> The problem: The result should be every line in the data below that carries the string "Whether".
[Supplied entries — start]
// Those who watch a store: a watch begins, tells what changed at the effective moment, and ends.
ghost use Rattle.std.specs.Prelude.{◌≡◌, ◌++◌, ◌∷◌, [], ℕ, Some, None, IfOk, OnOk, OnErr, IsTrue};
ghost use Rattle.dkv_base.specs.Limits.{watch_limit};
ghost use Rattle.dkv_base.specs.Replies.{frame, shown};
ghost use Rattle.dkv_hub.specs.Frames.{last_told};
ghost use Rattle.dkv_hub.specs.Rows.{is_free, new_row, rows_without};
ghost use Rattle.dkv_core.specs.Seats.{rows_beside};
ghost use Rattle.dkv_store.specs.Stores.{effective_at};
ghost use Rattle.dkv_store.specs.Terms.{Leads};
ghost use Rattle.dkv_store.specs.Watches.{with_watches, raised_to, AnswersPoll, AnswersWatch, AnswersLast};

use crate::store::Store;
use dkv_base::{Bytes, Frame, NoMemory, Run};
use dkv_core::Seat;
use dkv_hub::Watcher;
use dkv_io::Disk;
use std::alloc::Global;

impl<D: Disk> Store<D> {
    /// Begins a watch of the keys, of which nothing was shown. Its first poll tells all of them. Takes memory for its row, and
    /// for what it will show.
    pub fn watch(&mut self, keys: Run<Bytes>) -> Result<Watcher, NoMemory>
        requires { watch_limit keys ≡ None }
        ensures watcher { IfOk result (λ w.
            w ≡ record { number = w.number; keys = keys; shown = None }) }
        ensures number { IfOk result (λ w. IsTrue (is_free w.number self.old.core.watches)) }
        ensures row { IfOk result (λ w. self.new ≡ with_watches
            (self.old.core.watches ++ new_row w.number keys ∷ []) self.old) }
        ensures refused { OnErr result (self.new ≡ self.old) }
        ensures goes { Leads D.seen D.may_leave D.moment D.left_since [] self.old self.new }
    {
        self.core.watch(keys)
    }

    /// Ends a watch. Takes no memory.
    pub fn unwatch(&mut self, watcher: Watcher)
        ensures row { self.new ≡ with_watches
            (rows_without watcher.number watcher.keys self.old.core.watches) self.old }
        ensures goes { Leads D.seen D.may_leave D.moment D.left_since [] self.old self.new }
    {
        self.core.unwatch(watcher);
    }

    /// Ends the watches of all seats. Takes no memory.
    pub fn leave_all(&mut self, seats: Vec<Seat>)
        ensures rows { self.new ≡ with_watches
            (rows_beside seats.items self.old.core.watches) self.old }
        ensures goes { Leads D.seen D.may_leave D.moment D.left_since [] self.old self.new }
    {
        self.core.leave_all(seats);
    }

    /// The frame of a watch at the effective moment, where a key's versionstamp is another than the one that was shown last, or
    /// nothing was shown. Raises the greatest moment to that one, where memory is wanting too. Takes memory for the frame.
    pub fn poll(
        &mut self,
        alloc: Global,
        watcher: &mut Watcher,
        at: u64,
    ) -> Result<Option<Frame>, NoMemory>
        ensures frame { IfOk result (λ told. told ≡ frame self.old.core.state
            (effective_at self.old at) watcher.old.keys (last_told watcher.old.shown)) }
        ensures shown { OnOk result (last_told watcher.new.shown ≡ Some
            (shown self.old.core.state (effective_at self.old at) watcher.old.keys)) }
        ensures keys { watcher.new.keys ≡ watcher.old.keys }
        ensures number { watcher.new.number ≡ watcher.old.number }
        ensures err { OnErr result (watcher.new ≡ watcher.old) }
        ensures moment { self.new ≡ raised_to (effective_at self.old at) self.old }
        // The frame is the one-thread database's answer to the caller whose watch this is.
        ensures steps { IfOk result (λ told. (who : ℕ)
            → AnswersPoll self.old who at watcher.old told self.new watcher.new) }
        // Of a watch that has shown nothing yet, it is that to the caller who begins it.
        ensures first { IfOk result (λ told. (who : ℕ) → watch_limit watcher.old.keys ≡ None
            → watcher.old.shown ≡ None
            → AnswersWatch self.old who at watcher.old.keys told self.new watcher.new) }
        ensures goes { Leads D.seen D.may_leave D.moment D.left_since [] self.old self.new }
    {
        self.poll_kept(alloc, watcher, at)
    }

    // The core's frame at the effective moment.
    fn poll_kept(
        &mut self,
        alloc: Global,
        watcher: &mut Watcher,
        at: u64,
    ) -> Result<Option<Frame>, NoMemory>
        ensures frame { IfOk result (λ told. told ≡ frame self.old.core.state
            (effective_at self.old at) watcher.old.keys (last_told watcher.old.shown)) }
        ensures shown { OnOk result (last_told watcher.new.shown ≡ Some
            (shown self.old.core.state (effective_at self.old at) watcher.old.keys)) }
        ensures keys { watcher.new.keys ≡ watcher.old.keys }
        ensures number { watcher.new.number ≡ watcher.old.number }
        ensures err { OnErr result (watcher.new ≡ watcher.old) }
        ensures moment { self.new ≡ raised_to (effective_at self.old at) self.old }
    {
        let at = self.core.moment(at);
        self.core.poll(alloc, watcher, at)
    }

    /// Polls a last time and ends the watch, which is gone after every answer. Raises the greatest moment as a poll does. Takes
    /// memory for the frame.
    pub fn finish(
        &mut self,
        alloc: Global,
        watcher: Watcher,
        at: u64,
    ) -> Result<Option<Frame>, NoMemory>
        ensures frame { IfOk result (λ told. told ≡ frame self.old.core.state
            (effective_at self.old at) watcher.keys (last_told watcher.shown)) }
        ensures gone { self.new ≡ with_watches
            (rows_without watcher.number watcher.keys self.old.core.watches)
            (raised_to (effective_at self.old at) self.old) }
        ensures steps { IfOk result (λ told. (who : ℕ)
            → AnswersLast self.old who at watcher told self.new) }
        ensures goes { Leads D.seen D.may_leave D.moment D.left_since [] self.old self.new }
    {
        let mut watcher = watcher;
        let told = self.poll(alloc, &mut watcher, at);
        self.unwatch(watcher);
        told
    }
}
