// What is looked at before two files are opened: their headers and gates.
ghost use Rattle.std.specs.Prelude.{◌≡◌, ◌⊎◌, ◌≤◌, List, ℕ, OnOk, OnErr, IfOk, IfErr, Err};
ghost use Rattle.dkv_io.specs.Causes.{Rose};
ghost use Rattle.dkv_io.specs.Disks.{AtRest, NoMore};
ghost use Rattle.dkv_journal.specs.Crashes.{WhereTold};
ghost use Rattle.dkv_files.specs.Crashes.{WritesNothing};
ghost use Rattle.dkv_store.specs.Opening.{IsSeenA, IsSeenB, plain};
ghost use Rattle.dkv_store.specs.Stores.{IsUnopened};
ghost use Rattle.dkv_store.specs.declared.answers.OpenRefusal.TheVariants as opening;

use crate::answers::OpenRefusal;
use dkv_files::{FileHead, HeadState, Pair, both_to_rest, is_new, is_open, read_head};
use dkv_io::{Disk, Failed};

// What was seen of two files.
#[derive(Clone, Copy)]
pub(crate) struct Looked {
    // How the header of file a stands.
    pub head: HeadState,
    // Whether file a goes on from an empty image, if it is long enough to tell.
    pub fresh: Option<bool>,
    // Whether file b is open.
    pub other: bool,
}

// Brings both files to rest and looks at them. Writes nothing, and takes no memory.
pub(crate) fn look_at<D: Disk>(pair: &mut Pair<D>) -> Result<Looked, Failed>
    ensures seen_a { WhereTold (D.seen pair.old.a) (λ fa. IfOk result (IsSeenA fa)) }
    ensures seen_b { WhereTold (D.seen pair.old.b) (λ fb. IfOk result (IsSeenB fb)) }
    ensures rest_a { OnOk result (WhereTold (D.seen pair.old.a) (λ fa. AtRest
        (D.seen pair.new.a) (D.may_leave pair.new.a) fa)) }
    ensures rest_b { OnOk result (WhereTold (D.seen pair.old.b) (λ fb. AtRest
        (D.seen pair.new.b) (D.may_leave pair.new.b) fb)) }
    ensures same { (D.seen pair.new.a ≡ D.seen pair.old.a)
        × (D.seen pair.new.b ≡ D.seen pair.old.b) }
    ensures moves { WritesNothing D.may_leave D.moment D.left_since
        pair.old.a pair.old.b pair.new.a pair.new.b }
    ensures crash { NoMore (D.may_leave pair.old.a) (D.may_leave pair.new.a)
        × NoMore (D.may_leave pair.old.b) (D.may_leave pair.new.b) }
    ensures later { (D.faults pair.old.a ≤ D.faults pair.new.a)
        × (D.faults pair.old.b ≤ D.faults pair.new.b) }
    ensures cause { OnErr result (Rose (D.faults pair.old.a) (D.faults pair.new.a)
        ⊎ Rose (D.faults pair.old.b) (D.faults pair.new.b)) }
{
    match both_to_rest(pair) {
        Ok(()) => {}
        Err(failed) => return Err(failed),
    }
    let head = match read_head(&mut pair.a) {
        Ok(head) => head,
        Err(failed) => return Err(failed),
    };
    let fresh = match is_new(&mut pair.a) {
        Ok(fresh) => fresh,
        Err(failed) => return Err(failed),
    };
    match is_open(&mut pair.b) {
        Ok(other) => Ok(Looked { head, fresh, other }),
        Err(failed) => Err(failed),
    }
}

// Whether two files of which this was seen may be read on: as file a with an empty image beside file b that isn't open.
pub(crate) fn judge(seen: Looked) -> Result<FileHead, OpenRefusal>
    ensures plain { IfOk result (λ head. seen ≡ plain head) }
    ensures refused { (fa fb : List ℕ) → IsSeenA fa seen → IsSeenB fb seen
        → IfErr result (IsUnopened fa fb) }
    ensures sure { result ≡ Err opening.DiskFault → ⊥ }
{
    match seen.head {
        HeadState::Bad { at } => Err(OpenRefusal::Damaged { file: 0, at }),
        HeadState::Shut => {
            if seen.other {
                Err(OpenRefusal::NotBuilt { at: 0 })
            } else {
                Err(OpenRefusal::NoDatabase)
            }
        }
        HeadState::Stands { head, image } => {
            if seen.other {
                Err(OpenRefusal::NotBuilt { at: 0 })
            } else if image != 16 {
                Err(OpenRefusal::NotBuilt { at: 72 })
            } else {
                match seen.fresh {
                    Some(true) => Ok(head),
                    Some(false) => Err(OpenRefusal::NotBuilt { at: 80 }),
                    None => Err(OpenRefusal::Damaged { file: 0, at: 72 }),
                }
            }
        }
    }
}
[Supplied entries — finish]
> Expected output:
    // Whether file a goes on from an empty image, if it is long enough to tell.
    // Whether file b is open.
// Whether two files of which this was seen may be read on: as file a with an empty image beside file b that isn't open.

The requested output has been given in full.